_The problem_. Check every line below for the string "contract". Copy the ones that have it.
==== Data section
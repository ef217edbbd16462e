// What is proved of paths and moves, each theorem on the contract of a function.
ghost use Rattle.walk.specs.Paths.{MovesPerformTheWalk, MovesFollowTheWalk, PathTellsTheMoves, PathIsWithinTheDepth};

pub fn moves_perform_the_walk()
    ensures { MovesPerformTheWalk }
{}

pub fn moves_follow_the_walk()
    ensures { MovesFollowTheWalk }
{}

pub fn path_tells_the_moves()
    ensures { PathTellsTheMoves }
{}

pub fn path_is_within_the_depth()
    ensures { PathIsWithinTheDepth }
{}
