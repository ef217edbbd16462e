// A case of the trials, and the notation in which it is written on a line:
//   NAME | KIND PLAN | RECORDS | BYTES | NODES
// PLAN, which may be left out, has a letter L or R for each pass. The records stand between semicolons and their words between blanks; words at the end of a
// record that are left out are 0. The word `+` is the place of the record behind its own.
// `*9 1 2` are nine records 1 2, and `*9` nine empty ones. BYTES, which may be left out, adds
// so many bytes at the end of the table (`+1`) or cuts them off (`-1`). NODES, which may be left out, are written as
// records are: symbol, production, first child, next brother.
use plans::written::Written;
use std::alloc::{AllocError, AllocFailed, Global};
use std::fmt;
use std::num::ParseIntError;
use std::str::FromStr;
use trees::Node;

const RECORD_BYTES: usize = 12;

const WORDS: usize = 6;

#[derive(Clone, Copy)]
pub enum Kind {
    Lengths,
    Marks,
}

#[derive(Drop)]
pub struct Case {
    pub kind: Kind,
    pub plan: Option<Written>,
    pub table: Vec<u8>,
    pub nodes: Option<Vec<Node>>,
}

// Why a line is no case.
#[derive(Clone, Copy)]
pub enum Unreadable {
    Fields,
    Kind,
    Plan,
    Number,
    Words,
    Memory,
}

#[derive(Clone, Copy)]
enum Word {
    Is(u16),
    NextPlace,
}

#[derive(Clone, Copy)]
struct Record([Word; WORDS]);

// Two impls, since std has two errors for want of memory and `?` takes either.
impl From<AllocError> for Unreadable {
    fn from(_error: AllocError) -> Unreadable {
        Unreadable::Memory
    }
}

impl<T: Drop> From<AllocFailed<T>> for Unreadable {
    fn from(_refused: AllocFailed<T>) -> Unreadable {
        Unreadable::Memory
    }
}

impl From<ParseIntError> for Unreadable {
    fn from(_error: ParseIntError) -> Unreadable {
        Unreadable::Number
    }
}

impl fmt::Display for Unreadable {
    fn fmt<W: fmt::Write>(&self, f: &mut fmt::Formatter<W>) -> fmt::Result {
        f.write_str(match self {
            Unreadable::Fields => "fields are missing",
            Unreadable::Kind => "there is no such value kind",
            Unreadable::Plan => "there is no such plan",
            Unreadable::Number => "a number from 0 to 65535 is wanted",
            Unreadable::Words => "a record has more than six words",
            Unreadable::Memory => "memory ran out",
        })
    }
}

impl FromStr for Kind {
    type Err = Unreadable;

    fn from_str(text: &str) -> Result<Kind, Unreadable> {
        match text {
            "lengths" => Ok(Kind::Lengths),
            "marks" => Ok(Kind::Marks),
            _ => Err(Unreadable::Kind),
        }
    }
}

impl FromStr for Word {
    type Err = Unreadable;

    fn from_str(text: &str) -> Result<Word, Unreadable> {
        match text {
            "+" => Ok(Word::NextPlace),
            _ => Ok(Word::Is(text.parse()?)),
        }
    }
}

impl FromStr for Record {
    type Err = Unreadable;

    fn from_str(text: &str) -> Result<Record, Unreadable> {
        let mut words = [Word::Is(0); WORDS];
        let mut places = words.iter_mut();
        for text in text.split_whitespace() {
            let place = places.next().ok_or(Unreadable::Words)?;
            *place = text.parse()?;
        }
        Ok(Record(words))
    }
}

impl Record {
    // What its words say, where the next record has the place given.
    fn numbers(self, next_place: usize) -> [u16; WORDS] {
        self.0.map(|word| match word {
            Word::Is(number) => number,
            Word::NextPlace => u16::try_from(next_place).unwrap_or(u16::MAX),
        })
    }
}

impl Case {
    // The case in what follows the name on a line.
    pub fn read(heap: Global, text: &str) -> Result<Case, Unreadable> {
        let (kind, text) = text.split_once('|').ok_or(Unreadable::Fields)?;
        let (kind, plan) = kind.trim().split_once(' ').unwrap_or((kind.trim(), ""));
        let kind = kind.parse()?;
        let plan = plan_of(plan.trim())?;
        let (records, text) = text.split_once('|').unwrap_or((text, "+0"));
        let table = table_of(heap, records)?;
        let (ending, nodes) = match text.split_once('|') {
            Some((ending, nodes)) => (ending, Some(nodes_of(heap, nodes)?)),
            None => (text, None),
        };
        let table = resized(table, ending.trim())?;
        Ok(Case {
            kind,
            plan,
            table,
            nodes,
        })
    }
}

fn plan_of(letters: &str) -> Result<Option<Written>, Unreadable> {
    if letters.is_empty() {
        return Ok(None);
    }
    Written::new(letters.as_bytes())
        .map(Some)
        .map_err(|_| Unreadable::Plan)
}

// The allocator is passed beside the text of which a part is kept.
fn table_of(heap: Global, text: &str) -> Result<Vec<u8>, Unreadable> {
    let mut table = Vec::new(heap);
    each_record(text, |record| {
        for number in record.numbers(table.len() / RECORD_BYTES + 1) {
            table.extend_from_slice(&number.to_le_bytes())?;
        }
        Ok(())
    })?;
    Ok(table)
}

fn nodes_of(heap: Global, text: &str) -> Result<Vec<Node>, Unreadable> {
    let mut nodes = Vec::new(heap);
    if text.trim().is_empty() {
        return Ok(nodes);
    }
    each_record(text, |record| {
        let [symbol, production, first_child, next_brother, _, _] = record.numbers(nodes.len() + 1);
        nodes.push(Node {
            symbol,
            production,
            first_child,
            next_brother,
        })?;
        Ok(())
    })?;
    Ok(nodes)
}

// Hands on the records of a text, each as often as it stands there.
fn each_record<F: FnMut(Record) -> Result<(), Unreadable>>(
    text: &str,
    mut add: F,
) -> Result<(), Unreadable>
    requires { F.IsAlwaysCallable add }
{
    for text in text.split(';') {
        let (times, record) = repeated(text.trim())?;
        for _ in 0..times {
            add(record)?;
        }
    }
    Ok(())
}

// A record, and how often it stands there.
fn repeated(text: &str) -> Result<(u16, Record), Unreadable> {
    let Some(text) = text.strip_prefix('*') else {
        return Ok((1, text.parse()?));
    };
    let (times, record) = text.split_once(' ').unwrap_or((text, ""));
    Ok((times.parse()?, record.parse()?))
}

// Adds bytes at the end, or cuts them off.
fn resized(mut table: Vec<u8>, text: &str) -> Result<Vec<u8>, Unreadable> {
    if let Some(cut) = text.strip_prefix('-') {
        let left = table.len().saturating_sub(usize::from(cut.parse::<u16>()?));
        table.truncate(left);
        return Ok(table);
    }
    let added = text.strip_prefix('+').ok_or(Unreadable::Number)?;
    let length = table.len() + usize::from(added.parse::<u16>()?);
    table.resize(length, 0)?;
    Ok(table)
}
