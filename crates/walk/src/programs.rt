// What is proved of straight-line programs, each theorem on the contract of a function, for every type of values.
ghost use Rattle.walk.specs.Programs.{ExecutionFulfils, FulfilmentIsUnique, BeginningsLikewise, ExecutionStopsAtTheUndefined};

pub fn execution_fulfils<V>()
    ensures { ExecutionFulfils V }
{}

pub fn fulfilment_is_unique<V>()
    ensures { FulfilmentIsUnique V }
{}

pub fn beginnings_likewise<V>()
    ensures { BeginningsLikewise V }
{}

pub fn execution_stops_at_the_undefined<V>()
    ensures { ExecutionStopsAtTheUndefined V }
{}
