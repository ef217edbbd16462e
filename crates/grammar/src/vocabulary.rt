// The vocabulary of a grammar: its symbols, and the attributes that they have.

mod kinds;
mod lookup;

// The most attributes that a grammar may have.
pub const MOST_ATTRIBUTES: usize = 64;

#[derive(Clone, Copy, PartialEq, Eq, Debug)]
pub enum SymbolKind {
    Inner,
    Terminal,
}

#[derive(Clone, Copy, PartialEq, Eq, Debug)]
pub enum AttributeKind {
    Inherited,
    Synthesized,
    Given,
}

// A symbol has `count` attributes, numbered in a row from `first` on, since attributes are numbered through all symbols.
#[derive(Clone, Copy, PartialEq, Eq, Debug)]
pub struct Symbol {
    pub kind: SymbolKind,
    pub first: u16,
    pub count: u16,
}

// An attribute of a symbol, which goes by its number.
#[derive(Clone, Copy, PartialEq, Eq, Debug)]
pub struct Attribute {
    pub symbol: u16,
    pub kind: AttributeKind,
}

// Symbols and attributes are numbered from 1, in the order of the lists.
#[derive(Drop)]
pub struct Vocabulary {
    pub start: u16,
    pub symbols: Vec<Symbol>,
    pub attributes: Vec<Attribute>,
}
========
_Final answer_.
// What is proved of paths and moves, each theorem on the contract of a function.
// What is proved of straight-line programs, each theorem on the contract of a function, for every type of values.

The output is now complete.